BBNJ Agreement Enters Into Force | 20 Jan 2026

Source: UN 

The Biodiversity Beyond National Jurisdiction (BBNJ) Agreement, the world’s first legally binding treaty to protect marine biodiversity in international waters, came into force on 17th January 2026 and is the first ocean treaty to ensure inclusive ocean governance, with provisions for Indigenous Peoples and local communities and gender balance. 
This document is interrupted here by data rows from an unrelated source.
//! What commands make of the elements of a list that was read.
ghost use Rattle.std.specs.Prelude.{◌≡◌, ◌++◌, drop, length, nat_le, IfOk, OnOk};
ghost use Rattle.std.specs.Fmt.{decimal};
ghost use Rattle.tks_list.specs.Quoting.{joined};
ghost use Rattle.tks_tcl.specs.Cause.{within};
ghost use Rattle.tks_text.specs.Limits.{fits};
ghost use Rattle.tks_tcl.specs.Index.{range};
ghost use Rattle.tks_tcl.specs.Lists.{first_or_empty, indexed, ranged, separated, joined_by};
ghost use Rattle.tks_tcl.specs.Meets.{GivesSo};
ghost use Rattle.tks_tcl.specs.Room.{room_of};
ghost use Rattle.tks_tcl.specs.View.{index_of};

use crate::index::{Index, bounds, index_in};
use crate::interrupt::Interrupt;
use crate::room::room_behind;
use crate::words::count_text;
use std::alloc::{AllocError, Global};
use tks_list::Elements;
use tks_text::{Limits, Txt};

/// How many elements there are: what `llength` answers of a text that splits into this list.
pub fn llength_of(alloc: Global, list: &Elements) -> Result<Txt, AllocError>
    ensures { IfOk result (λ t. t ≡ decimal (length list.now)) }
{
    count_text(alloc, list.len())
}

// The element at an index, or the empty text where there is none.
fn element_at(alloc: Global, list: &Elements, index: Index) -> Result<Txt, AllocError>
    ensures { IfOk result (λ t. t ≡ first_or_empty (range (index_of index) (index_of index) list.now)) }
{
    let (front, behind) = bounds(list.len(), index, index);
    if front == behind {
        return Ok(Txt::new(alloc));
    }
    Txt::from_text(alloc, list.at(front))
}

/// What `lindex` answers of a text that splits into this list, and this index.
pub fn lindex_of(alloc: Global, list: &Elements, index: &Txt) -> Result<Txt, Interrupt>
    ensures { GivesSo (λ t. t) result (indexed list.now index.now) }
{
    let index = index_in(alloc, index)?;
    Ok(element_at(alloc, list, index)?)
}

// The text of a list of those from one index to another.
fn joined_range(
    alloc: Global,
    list: &Elements,
    first: Index,
    last: Index,
) -> Result<Txt, AllocError>
    ensures { IfOk result (λ t. t ≡ joined (range (index_of first) (index_of last) list.now)) }
{
    let (front, behind) = bounds(list.len(), first, last);
    list.joined(alloc, front, behind)
}

/// What `lrange` answers of a text that splits into this list, and these indices.
pub fn lrange_of(alloc: Global, list: &Elements, first: &Txt, last: &Txt) -> Result<Txt, Interrupt>
    ensures { GivesSo (λ t. t) result (ranged list.now first.now last.now) }
{
    let first = index_in(alloc, first)?;
    let last = index_in(alloc, last)?;
    Ok(joined_range(alloc, list, first, last)?)
}

// Whether the elements, and so many bytes more with each, are no more than this room.
fn have_room(list: &Elements, more: usize, room: usize) -> bool
    ensures { result ≡ nat_le (room_of more list.now) room }
{
    let mut left = room;
    for index in 0..list.len() {
        match room_behind(left, list.at(index).len(), more) {
            Some(room) => left = room,
            None => return false,
        }
    }
    true
}

// Adds the elements from an index on, each with a separator before it.
fn push_separated(
    text: &mut Txt,
    list: &Elements,
    front: usize,
    separator: &Txt,
) -> Result<(), AllocError>
    ensures { OnOk result (text.new ≡ text.old ++ separated separator.now (drop front list.now)) }
{
    for index in front..list.len() {
        text.append(separator)?;
        text.push_bytes(list.at(index))?;
    }
    Ok(())
}

// The elements with a separator between them.
fn joined_by(alloc: Global, list: &Elements, separator: &Txt) -> Result<Txt, AllocError>
    ensures { IfOk result (λ t. t ≡ joined_by separator.now list.now) }
{
    let mut text = Txt::new(alloc);
    if list.len() == 0 {
        return Ok(text);
    }
    text.push_bytes(list.at(0))?;
    push_separated(&mut text, list, 1, separator)?;
    Ok(text)
}

// Whether the elements with a separator between them pass no limit.
fn joined_fits(list: &Elements, separator: &Txt, limits: &Limits) -> bool
    ensures { result ≡ fits limits.now (joined_by separator.now list.now) }
{
    let between = separator.as_bytes().len();
    have_room(list, between, limits.text as usize + between)
}

/// The elements with a separator between them, where they pass no limit. Where they would, nothing is made.
pub fn elements_joined(
    alloc: Global,
    list: &Elements,
    separator: &Txt,
    limits: &Limits,
) -> Result<Txt, Interrupt>
    ensures { GivesSo (λ t. t) result (within limits.now (joined_by separator.now list.now)) }
{
    if !joined_fits(list, separator, limits) {
        return Err(Interrupt::TooLarge);
    }
    Ok(joined_by(alloc, list, separator)?)
}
  • BBNJ Agreement:  Agreement on Marine Biological Diversity of Areas Beyond National Jurisdiction (BBNJ Agreement), adopted under United Nations Convention on the Law of the Sea (UNCLOS), 1982. 
    • It applies to the high seas and the international seabed, i.e., ocean areas lying beyond national Exclusive Economic Zones (EEZs) and outside the control of any single country. 
    • The Agreement also establishes a funding mechanism and creates key institutional structures, including a Conference of the Parties (COP), subsidiary bodies, a Clearing-House Mechanism, and a secretariat. 
  • Adoption and Legal Status:  The treaty was adopted in 2023 at the UN Headquarters in New York and entered into force 120 days after ratification by at least 60 countries, a threshold that has been crossed, with more than 80 countries having ratified it so far. 
    • Major economies such as China, Germany, Japan, France, and Brazil have ratified the treaty. However, like the US, India signed the agreement (in 2024), but its domestic ratification process remains pending. 
  • Four Pillars Of The BBNJ Agreement:  
    • Marine Genetic Resources (MGRs), including fair and equitable sharing of benefits. 
    • Area-Based Management Tools (ABMTs), such as Marine Protected Areas (MPAs). 
    • Environmental Impact Assessments (EIAs) for activities in the high seas 
    • Capacity-Building and Transfer of Marine Technology to developing countries.  
  • Significance: The BBNJ Agreement fills a long-standing governance gap by introducing legally binding rules for over two-thirds of the ocean’s surface, covering more than 90% of Earth’s living space by volume, and strengthening global ocean conservation under UNCLOS, often described as the constitution of the oceans. 
    • The agreement supports SDG 14 (Life Below Water) and contributes to addressing the triple planetary crisis of climate change, biodiversity loss, and pollution, by regulating human activities in ecologically sensitive international waters. 
    • The BBNJ Agreement is the third implementation agreement under UNCLOS, alongside the 1994 Part XI Implementation Agreement on international seabed mining and the 1995 UN Fish Stocks Agreement on straddling and highly migratory fish stocks.